▶ _Dataset excerpts_:
● ● ● ● ● ● ●

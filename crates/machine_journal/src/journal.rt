// What the machine records.

ghost use Rattle.std.specs.Prelude.{◌+◌, ◌≡◌, ◌<◌, ◌≤◌, ◌^◌, [], length, IfOk};
ghost use Rattle.spec_processor.specs.Counters.{CanCount};
ghost use Rattle.sv_types.specs.Limits.{max_printed, max_notes};
ghost use Rattle.sv_types.specs.Boot.{no_counts};
ghost use Rattle.sv_types.specs.declared.event.Note.TheVariants.{Demote, Denied, Load, Unload, Retire};
ghost use Rattle.sv_types.specs.declared.event.Verdict.TheVariants.{Running, Shutdown, Stopped};
ghost use Rattle.sv_types.specs.declared.sbi.SbiCode.TheVariants.{Success};
ghost use Rattle.spec_reference.specs.Counting.{with_count, count_turn, count_beat, count_key, count_tick, count_retired, count_trap};
ghost use Rattle.spec_reference.specs.Counting.{count_return, count_demote, count_denied, count_dropped, count_load, count_unload};
ghost use Rattle.spec_reference.specs.Counting.{MayCount, with_note, printed_low, machine_ended};
ghost use Rattle.machine_journal.specs.Journals.{count_batch, with_notes};
ghost use Rattle.spec_reference.specs.Answers.{count_answer, journal_side_effect};

use crate::notes::Notes;
use spec_processor::Mode;
use spec_reference::SideEffect;
use std::alloc::{AllocError, Global};
use std::marker::Model;
use sv_types::{Counts, MAX_PRINTED, Note, Rule, SbiCode, Verdict};

/// Printed bytes, the first 4,096 notes, counts and the verdict. Contracts see them.
///
/// Each call that counts has the condition that its counts are below the end of their type.
#[derive(Drop)]
pub struct Journal {
    printed: Vec<u8>,
    notes: Notes,
    counts: Counts,
    verdict: Verdict,
}

impl Model for Journal {
    ghost use Rattle.spec_reference.specs.States.{Journal as Records};

    ghost Value = { Records };

    ghost use Rattle.machine_journal.specs.Journals.{journal_of, HasRoom};

    ghost view = { journal_of };

    ghost invariant = { HasRoom };
}

impl Journal {
    /// Nothing is recorded, and the machine runs. There is room for all that is kept later.
    pub fn new(alloc: Global) -> Result<Journal, AllocError>
        ensures { IfOk result (λ j. j ≡ record { printed = []; notes = []; counts = no_counts; verdict = Running }) }
    {
        let printed = Vec::with_capacity(alloc, MAX_PRINTED)?;
        let notes = Notes::new(alloc)?;
        Ok(Journal {
            printed,
            notes,
            counts: Counts::default(),
            verdict: Verdict::Running,
        })
    }

    /// What was recorded before, with nothing printed. There is room for all that is kept later.
    pub fn from_values(
        alloc: Global,
        counts: Counts,
        notes: &[Note],
        verdict: Verdict,
    ) -> Result<Journal, AllocError>
        requires few { length notes.now ≤ max_notes }
        ensures { IfOk result (λ j. j ≡ record { printed = []; notes = notes.now; counts = counts; verdict = verdict }) }
    {
        let printed = Vec::with_capacity(alloc, MAX_PRINTED)?;
        let notes = Notes::from_values(alloc, notes)?;
        Ok(Journal {
            printed,
            notes,
            counts,
            verdict,
        })
    }

    /// The bytes that were printed and not cleared.
    pub fn printed(&self) -> &[u8]
        ensures { result.now ≡ self.now.printed }
    {
        &self.printed
    }

    /// Takes the printed bytes away.
    pub fn clear_printed(&mut self)
        ensures { self.new ≡ record self.old { printed = [] } }
    {
        self.printed.clear();
    }

    /// The first 4,096 notes.
    pub fn notes(&self) -> &[Note]
        ensures { result.now ≡ self.now.notes }
    {
        self.notes.items()
    }

    /// Keeps these notes in the place of its own, which it hands out; what was counted stays counted.
    pub fn swap_notes(&mut self, notes: &mut Notes)
        ensures taken { notes.new ≡ self.old.notes }
        ensures kept { self.new ≡ with_notes notes.old self.old }
    {
        std::mem::swap(&mut self.notes, notes);
    }

    /// The counts, which start at 0.
    pub fn counts(&self) -> Counts
        ensures { result ≡ self.now.counts }
    {
        self.counts
    }

    /// How the run stands.
    pub fn verdict(&self) -> Verdict
        ensures { result ≡ self.now.verdict }
    {
        self.verdict
    }

    /// Prints the low byte of a value.
    pub fn print(&mut self, value: u64)
        requires { length self.old.printed < max_printed }
        ensures { self.new ≡ printed_low value self.old }
    {
        self.printed.push_reserved((value % 256) as u8);
    }

    /// The guest shut down.
    pub fn shut_down(&mut self)
        ensures { self.new ≡ machine_ended Shutdown self.old }
    {
        self.verdict = Verdict::Shutdown;
    }

    /// A hart broke a rule in the turn that was counted last.
    pub fn stop(&mut self, hart: u8, rule: Rule)
        ensures { self.new ≡ machine_ended (Stopped rule hart self.old.counts.turns) self.old }
    {
        self.verdict = Verdict::Stopped {
            rule,
            hart,
            turn: self.counts.turns,
        };
    }

    /// The machine runs, whatever had stopped it.
    pub fn run_on(&mut self)
        ensures { self.new ≡ machine_ended Running self.old }
    {
        self.verdict = Verdict::Running;
    }

    /// A hart has its turn.
    pub fn count_turn(&mut self)
        requires { CanCount self.old.counts.turns }
        ensures { self.new ≡ with_count count_turn self.old }
    {
        self.counts.turns += 1;
    }

    /// The disk does the next part of its work.
    pub fn count_beat(&mut self)
        requires { CanCount self.old.counts.beats }
        ensures { self.new ≡ with_count count_beat self.old }
    {
        self.counts.beats += 1;
    }

    /// A key is typed.
    pub fn count_key(&mut self)
        requires { CanCount self.old.counts.keys }
        ensures { self.new ≡ with_count count_key self.old }
    {
        self.counts.keys += 1;
    }

    /// Time goes on by one.
    pub fn count_tick(&mut self)
        requires { CanCount self.old.counts.ticks }
        ensures { self.new ≡ with_count count_tick self.old }
    {
        self.counts.ticks += 1;
    }

    /// An instruction that was carried out.
    pub fn count_retired(&mut self)
        requires { CanCount self.old.counts.retired }
        ensures { self.new ≡ with_count count_retired self.old }
    {
        self.counts.retired += 1;
    }

    /// So many turns of a hart, in each of which an instruction was carried out.
    #[inline(always)]
    pub fn count_batch(&mut self, made: u64)
        requires turns { self.old.counts.turns + made < 2 ^ 64 }
        requires retired { self.old.counts.retired + made < 2 ^ 64 }
        ensures { self.new ≡ with_count (count_batch made) self.old }
    {
        self.counts.turns += made;
        self.counts.retired += made;
    }

    /// A trap of the guest; one from user mode enters the kernel.
    pub fn count_trap(&mut self, from: Mode)
        requires traps { CanCount self.old.counts.traps }
        requires enters { CanCount self.old.counts.enters }
        ensures { self.new ≡ with_count (count_trap from) self.old }
    {
        self.counts.traps += 1;
        if from == Mode::User {
            self.counts.enters += 1;
        }
    }

    /// A return from a trap; one to user mode leaves the kernel.
    pub fn count_return(&mut self, to: Mode)
        requires retired { CanCount self.old.counts.retired }
        requires leaves { CanCount self.old.counts.leaves }
        ensures { self.new ≡ with_count (count_return to) self.old }
    {
        self.counts.retired += 1;
        if to == Mode::User {
            self.counts.leaves += 1;
        }
    }

    /// A byte of input that found no room.
    pub fn count_dropped(&mut self)
        requires { CanCount self.old.counts.dropped }
        ensures { self.new ≡ with_count count_dropped self.old }
    {
        self.counts.dropped += 1;
    }

    /// A hart left kernel mode, since the instruction at its pc isn't approved.
    pub fn demote(&mut self, hart: u8, pc: u64, gpa: u64)
        requires demotes { CanCount self.old.counts.demotes }
        requires notes { CanCount self.old.counts.notes }
        ensures { self.new ≡ with_note (Demote hart self.old.counts.turns pc gpa) (with_count count_demote self.old) }
    {
        let turn = self.counts.turns;
        self.counts.demotes += 1;
        self.note(Note::Demote {
            hart,
            turn,
            pc,
            gpa,
        });
    }

    /// The block device was kept from writing into a protected page.
    pub fn deny(&mut self, gpa: u64)
        requires denied { CanCount self.old.counts.denied }
        requires notes { CanCount self.old.counts.notes }
        ensures { self.new ≡ with_note (Denied gpa) (with_count count_denied self.old) }
    {
        self.counts.denied += 1;
        self.note(Note::Denied { gpa });
    }

    /// What is recorded of what happens besides the answer to a call of a hart's.
    #[tactic(auto, unfolding(spec_reference::specs::Answers::journal_side_effect))]
    pub fn record(&mut self, hart: u8, side_effect: SideEffect)
        requires room { length self.old.printed < max_printed }
        requires counts { MayCount self.old.counts }
        ensures { self.new ≡ journal_side_effect side_effect hart self.old }
    {
        match side_effect {
            SideEffect::Prints { value } => self.print(value),
            SideEffect::ShutsDown => self.shut_down(),
            SideEffect::RefusesLoad { id, code } => self.answer_load(hart, id, code),
            SideEffect::ApprovesModule { about } => self.note_load(hart, about.id),
            SideEffect::ReleasesModule { about } => {
                self.answer_load(hart, about.id, SbiCode::RefusedByMeasure);
            }
            SideEffect::UnloadsModule { about } => self.note_unload(hart, about.id),
            SideEffect::RefusesUnload { id, code } => self.answer_unload(hart, id, code),
            SideEffect::RetiresInit { span: _ } => self.answer_retire(hart, SbiCode::Success),
            SideEffect::RefusesRetire { code } => self.answer_retire(hart, code),
            SideEffect::Nothing
            | SideEffect::SetsTimer { at: _ }
            | SideEffect::TakesInput
            | SideEffect::SendsInterrupts { mask: _, base: _ }
            | SideEffect::StartsHart {
                other: _,
                pc: _,
                opaque: _,
            }
            | SideEffect::BeginsLoad { about: _, pages: _ } => {}
        }
    }

    // The answer to a call that loads a module.
    fn answer_load(&mut self, hart: u8, id: u64, code: SbiCode)
        requires refused { CanCount self.old.counts.refused }
        requires notes { CanCount self.old.counts.notes }
        ensures { self.new ≡ with_note (Load hart self.old.counts.turns id code) (with_count (count_answer code) self.old) }
    {
        let turn = self.counts.turns;
        self.count_answer(code);
        self.note(Note::Load {
            hart,
            turn,
            id,
            code,
        });
    }

    // The answer to a call that unloads a module.
    fn answer_unload(&mut self, hart: u8, id: u64, code: SbiCode)
        requires refused { CanCount self.old.counts.refused }
        requires notes { CanCount self.old.counts.notes }
        ensures { self.new ≡ with_note (Unload hart self.old.counts.turns id code) (with_count (count_answer code) self.old) }
    {
        let turn = self.counts.turns;
        self.count_answer(code);
        self.note(Note::Unload {
            hart,
            turn,
            id,
            code,
        });
    }

    // The answer to a call that frees the kernel's init text.
    fn answer_retire(&mut self, hart: u8, code: SbiCode)
        requires refused { CanCount self.old.counts.refused }
        requires notes { CanCount self.old.counts.notes }
        ensures { self.new ≡ with_note (Retire hart self.old.counts.turns code) (with_count (count_answer code) self.old) }
    {
        let turn = self.counts.turns;
        self.count_answer(code);
        self.note(Note::Retire { hart, turn, code });
    }

    // A module that was loaded.
    fn note_load(&mut self, hart: u8, id: u64)
        requires counts { MayCount self.old.counts }
        ensures { self.new ≡ with_note (Load hart self.old.counts.turns id Success) (with_count count_load self.old) }
    {
        self.counts.loads += 1;
        self.answer_load(hart, id, SbiCode::Success);
    }

    // A module that was unloaded.
    fn note_unload(&mut self, hart: u8, id: u64)
        requires counts { MayCount self.old.counts }
        ensures { self.new ≡ with_note (Unload hart self.old.counts.turns id Success) (with_count count_unload self.old) }
    {
        self.counts.unloads += 1;
        self.answer_unload(hart, id, SbiCode::Success);
    }

    // A code other than success is a refusal.
    fn count_answer(&mut self, code: SbiCode)
        requires { CanCount self.old.counts.refused }
        ensures { self.new ≡ with_count (count_answer code) self.old }
    {
        match code {
            SbiCode::Success => {}
            _ => self.counts.refused += 1,
        }
    }

    fn note(&mut self, note: Note)
        requires { CanCount self.old.counts.notes }
        ensures { self.new ≡ with_note note self.old }
    {
        self.notes.add(note);
        self.counts.notes += 1;
    }
}
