// Digests as text.

ghost use Rattle.std.specs.Prelude.{◌≡◌};
ghost use Rattle.sv_types.specs.Numbers as spec;

use sv_types::{DIGEST_BYTES, Digest};

/// The 32 bytes that 64 hexadecimal digits of either case write. None where the text is another one.
#[tactic(auto, unfolding(sv_types::specs::Numbers::digest_of))]
pub fn digest_of(text: &str) -> Option<Digest>
    ensures { result ≡ spec.digest_of text.now }
{
    let mut digest = [0u8; DIGEST_BYTES];
    match hex::decode_to_slice(text.as_bytes(), &mut digest) {
        Ok(()) => Some(digest),
        Err(_) => None,
    }
}
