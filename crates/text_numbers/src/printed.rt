// Addresses and digests as they are printed.

ghost use Rattle.std.specs.Prelude.{◌≡◌, IfOk, string_bytes};
ghost use Rattle.sv_types.specs.Output as spec;

use std::alloc::{AllocError, Global};
use sv_types::Digest;

/// `0x` and the 16 hexadecimal digits of an address, in lower case.
#[tactic(auto, using(crate::proofs::HexadecimalPrinted::sixteen_digits), unfolding(sv_types::specs::Output::address_text))]
pub fn address_text(alloc: Global, address: u64) -> Result<String, AllocError>
    ensures { IfOk result (λ t. string_bytes t ≡ spec.address_text address) }
{
    format!(in alloc; "0x{address:016x}")
}

/// The 64 hexadecimal digits of a digest, in lower case.
#[tactic(auto, using(crate::proofs::DigestsPrinted::encoded))]
pub fn digest_text(alloc: Global, digest: &Digest) -> Result<String, AllocError>
    ensures { IfOk result (λ t. string_bytes t ≡ spec.hexadecimal_bytes digest.now) }
{
    let text = hex::encode(alloc, digest.as_slice())?;
    Ok(text)
}
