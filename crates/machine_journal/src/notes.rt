// The notes that are kept.

ghost use Rattle.std.specs.Prelude.{◌≡◌, ◌≤◌, [], ◌∷◌, ◌++◌, length, take, IfOk};
ghost use Rattle.sv_types.specs.Limits.{max_notes};

use std::alloc::{AllocError, Global};
use std::marker::Model;
use sv_types::{MAX_NOTES, Note};

/// The first 4,096 notes of those that it was given. There is room for all of them from the start.
#[derive(Drop)]
pub struct Notes {
    items: Vec<Note>,
}

impl Model for Notes {
    ghost use Rattle.std.specs.Prelude.{List};
    ghost use Rattle.sv_types.specs.declared.event.Note.{Note as Entry};

    ghost Value = { List Entry };

    ghost use Rattle.machine_journal.specs.KeptNotes.{notes_of, HasRoom};

    ghost view = { notes_of };

    ghost invariant = { HasRoom };
}

impl Notes {
    /// None.
    pub fn new(alloc: Global) -> Result<Notes, AllocError>
        ensures { IfOk result (λ n. n ≡ []) }
    {
        let items = Vec::with_capacity(alloc, MAX_NOTES)?;
        Ok(Notes { items })
    }

    /// These.
    pub fn from_values(alloc: Global, notes: &[Note]) -> Result<Notes, AllocError>
        requires few { length notes.now ≤ max_notes }
        ensures { IfOk result (λ n. n ≡ notes.now) }
    {
        let mut items = Vec::with_capacity(alloc, MAX_NOTES)?;
        items.extend_from_slice(notes)?;
        Ok(Notes { items })
    }

    /// The notes, in the order in which they came.
    pub fn items(&self) -> &[Note]
        ensures { result.now ≡ self.now }
    {
        &self.items
    }

    /// Takes all of them away.
    pub fn clear(&mut self)
        ensures { self.new ≡ [] }
    {
        self.items.clear();
    }

    /// One more, which is kept if it is one of the first.
    #[tactic(auto, using(crate::proofs::FirstNotes::notes_full, crate::proofs::FirstNotes::notes_room))]
    pub fn add(&mut self, note: Note)
        ensures { self.new ≡ take max_notes (self.old ++ note ∷ []) }
    {
        if self.items.len() < MAX_NOTES {
            self.items.push_reserved(note);
        }
    }
}
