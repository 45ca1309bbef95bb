//! Numbers as text: whole ones by decimal digits, addresses and digests by hexadecimal ones.
#![tactic(auto)]

mod addresses;
mod decimals;
mod digests;
mod printed;

pub use addresses::{address_of, address_of_bytes};
pub use decimals::number_within;
pub use digests::digest_of;
pub use printed::{address_text, digest_text};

● ● ● ● ● ● ●

▶ _Your instructions_: Go through the records above and copy every line holding the word "made".

▶ _Solution for this exercise_:
    pub fn count_batch(&mut self, made: u64)
        requires turns { self.old.counts.turns + made < 2 ^ 64 }
        requires retired { self.old.counts.retired + made < 2 ^ 64 }
        ensures { self.new ≡ with_count (count_batch made) self.old }
        self.counts.turns += made;
        self.counts.retired += made;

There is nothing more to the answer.